The goal of mediator
is to conduct causal mediation analysis under the
counterfactual framework, allowing interation between the exposure and
mediator [Valeri 2013]. Currently, mediator
estimates the controlled
direct effect (CDE), natural direct effect (NDE), natural indirect
effect (NIE), total effect (TE) and proportion mediated (PM) and their
95% confidence intervals.
You can install mediator
from github with:
# install.packages("devtools")
devtools::install_github("gerkelab/mediator")
mediator
currently implements mediation analysis for dichotomous and
count mediators and outcomes, as well as censored time-to-event
outcomes. Estimate validity assumes proper modeling on the part of the
user.
The following example uses example250
from within mediator
, which
was randomly generated, and assumes x
(binary) is our independent
variable/treatment, y
(continuous) as our mediator, cens
(binary) as
our outcome and c
(continuous) as a confounder that needs to be
adjusted for.
In the above DAG the path for the NIE is shown in blue while the path for the NDE is in purple. The TE is the combined effect of both the NIE and NDE. When no interaction between the exposure and mediator exists, the CDE and NDE are the same.
The simplest use case of mediator
would be as follows:
mediator::mediator(data = example250,
out.model = glm(cens ~ x + y + c + x*y,
family = "binomial",
data = example250),
med.model = lm(y ~ x + c,
data = example250),
treat = "x")
## # A tibble: 5 x 4
## Effect Estimate `Lower 95% CI` `Upper 95% CI`
## <chr> <dbl> <dbl> <dbl>
## 1 CDE 0.428 0.143 1.28
## 2 NDE 0.715 0.204 2.50
## 3 NIE 1.07 0.825 1.39
## 4 Total Effect 0.764 0.251 2.33
## 5 Proportion Mediated -0.210 NA NA
A data frame (printed to the console if not assigned to an object) is returned containing the point estimates and 95% confidence intervals.
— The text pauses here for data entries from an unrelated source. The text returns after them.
#[inline(always)]
fn effective_address(registers: &[u32; 32], rs1: u8, imm: i32) -> u32
    requires { rs1 < 32 }
    ensures { result ≡ wrap (slice_index registers.now rs1 + as_word imm) }
{
    register(registers, rs1).wrapping_add(imm.cast_unsigned())
}

/// An address relative to the instruction's own.
#[inline(always)]
fn relative(at: &InstructionAddress, imm: i32) -> u32
    ensures { result ≡ wrap (at.now + as_word imm) }
{
    at.pc().wrapping_add(imm.cast_unsigned())
}

/// A register gets a value, unless it is x0.
#[inline(always)]
pub fn set_register(registers: &mut [u32; 32], rd: u8, value: u32)
    requires { rd < 32 }
    ensures { registers.new ≡ with_register registers.old rd value }
{
    if rd != 0 {
        registers[rd as usize] = value;
    }
}

/// How instructions other than jumps set their register.
pub trait Setter {
    /// Holds of a register that such an instruction may name.
    ghost may_set: { ℕ → Type 0 };

    /// A register gets a value, unless it is x0.
    fn set_register(registers: &mut [u32; 32], rd: u8, value: u32)
        requires number { rd < 32 }
        requires may { may_set rd }
        ensures { registers.new ≡ with_register registers.old rd value };
}

/// By a look for x0, where they may name any register.
pub struct AnyRegister;

impl Setter for AnyRegister {
    ghost may_set = { λ _. Unit {0} };

    #[inline(always)]
    fn set_register(registers: &mut [u32; 32], rd: u8, value: u32) {
        set_register(registers, rd, value);
    }
}

/// With no look for x0, where they name any other register.
pub struct NeverX0;
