//! Guest calls: what a call is, whether it is refused, and the state after it.

ghost use Rattle.std.specs.Prelude.{◌≡◌, ℕ, ◌+◌, ◌-◌, ◌<◌, length, IsTrue};
ghost use Rattle.isa.specs.Machine.{in_window, reg, call_of, kind_of, overwritten};
ghost use Rattle.isa.specs.Calls.{refusal_of, refusal, after_read, after_write, after_clock, after_other};

use super::HartState;
use isa::{Call, CallKind};

/// There is no such channel.
const BAD_CHANNEL: i32 = -9;

/// The buffer isn't wholly in the window.
const BAD_BUFFER: i32 = -14;

/// There is no such call.
const NO_SUCH_CALL: i32 = -38;

/// Guests write on the channels below this one.
const WRITE_CHANNELS: u32 = 16;

fn kind_of(number: u32) -> CallKind
    ensures { result ≡ kind_of number }
{
    match number {
        63 => CallKind::Read,
        64 => CallKind::Write,
        93 => CallKind::Exit,
        2000 => CallKind::Clock,
        _ => CallKind::Other,
    }
}

impl HartState {
    /// The call that the registers say.
    pub fn call(&self) -> Call
        ensures { result ≡ call_of self.now }
    {
        let number = self.registers[17];
        Call {
            kind: kind_of(number),
            number,
            args: [self.registers[10], self.registers[11], self.registers[12]],
        }
    }

    fn refusal_of(&self, channels: u32, args: &[u32; 3]) -> i32
        ensures { result ≡ refusal_of self.now channels args.now }
    {
        let [channel, buffer, size] = *args;
        if channel >= channels {
            BAD_CHANNEL
        } else if size == 0 || self.in_window(buffer, size) {
            0
        } else {
            BAD_BUFFER
        }
    }

    /// The error number of a refused call, or 0.
    pub fn refusal(&self, call: &Call, inputs: u32) -> i32
        ensures { result ≡ refusal self.now inputs call.now }
    {
        match call.kind {
            CallKind::Read => self.refusal_of(inputs, &call.args),
            CallKind::Write => self.refusal_of(WRITE_CHANNELS, &call.args),
            CallKind::Clock => 0,
            CallKind::Other => 0,
            CallKind::Exit => 0,
        }
    }

    pub fn after_read(&mut self, outcome: i32, bytes: &[u8])
        requires { 0 < length bytes.now → IsTrue (in_window self.old (reg self.old 11) (length bytes.now)) }
        ensures { self.new ≡ after_read self.old (reg self.old 11) outcome bytes.now }
    {
        self.store_if_any(self.registers[11], bytes);
        self.set(10, outcome.cast_unsigned());
    }

    /// Bytes go to memory from an address on, which counts only where there are some.
    fn store_if_any(&mut self, address: u32, bytes: &[u8])
        requires { 0 < length bytes.now → IsTrue (in_window self.old address (length bytes.now)) }
        ensures { self.new ≡ record self.old {
          memory = overwritten self.old.memory
              (address - self.old.base) bytes.now;
        } }
    {
        if !bytes.is_empty() {
            self.store(address, bytes);
        }
    }

    pub fn after_write(&mut self, outcome: i32)
        ensures { self.new ≡ after_write self.old outcome }
    {
        self.set(10, outcome.cast_unsigned());
    }

    pub fn after_clock(&mut self, value: u64)
        ensures { self.new ≡ after_clock self.old value }
    {
        self.registers[10] = (value % (1 << 32)) as u32;
        self.set(11, (value >> 32) as u32);
    }

    pub fn after_other(&mut self)
        ensures { self.new ≡ after_other self.old }
    {
        self.set(10, NO_SUCH_CALL.cast_unsigned());
    }
}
Since the outcome was a based on a binomial logistic regression, the results from this example are interpreted as a series of odds ratio. When the oucome model is a linear regression, the results are intrepreted as average values. Relative risks can be used for binary outcomes when appropriate and thus intrepreted under that model.
In this example, based on the CDE, when y
= 1, the effect of x
on
cens
is 0.43; while according to the NDE, when y
is the value
observed in the absense of x
(x
= 0), the effect of x
on cens
is
0.72. The NIE tells that the effect of x
on cens
through y
is
1.07. The TE of x
on cens
, both direct and indirect, is 0.76.
Since the TE is the combined effect of the NDE and NIE, statistically significant effects can be observed in opposite directions and result in a TE that is roughly equal to 0.
For an in-depth explanation of mediation analysis or complementary tools for SAS or SPSS users, please check out Linda Valeri and Tyler VanderWeele’s paper and macros, which are available on VanderWeele’s website.
The parametric model-based approach of mediator
differs from another R
package,
mediation
,
which conducts mediation analysis under a non-parametric framework.
Additional examples of mediator
are available under
vignettes,
as well as comparisons of mediator
and the SAS macro %mediation
.
Valeri, L., and T. J. Vanderweele. 2013. “Mediation analysis allowing for exposure-mediator interactions and causal interpretation: theoretical assumptions and implementation with SAS and SPSS macros.” Psychol Methods 18 (2): 137–50.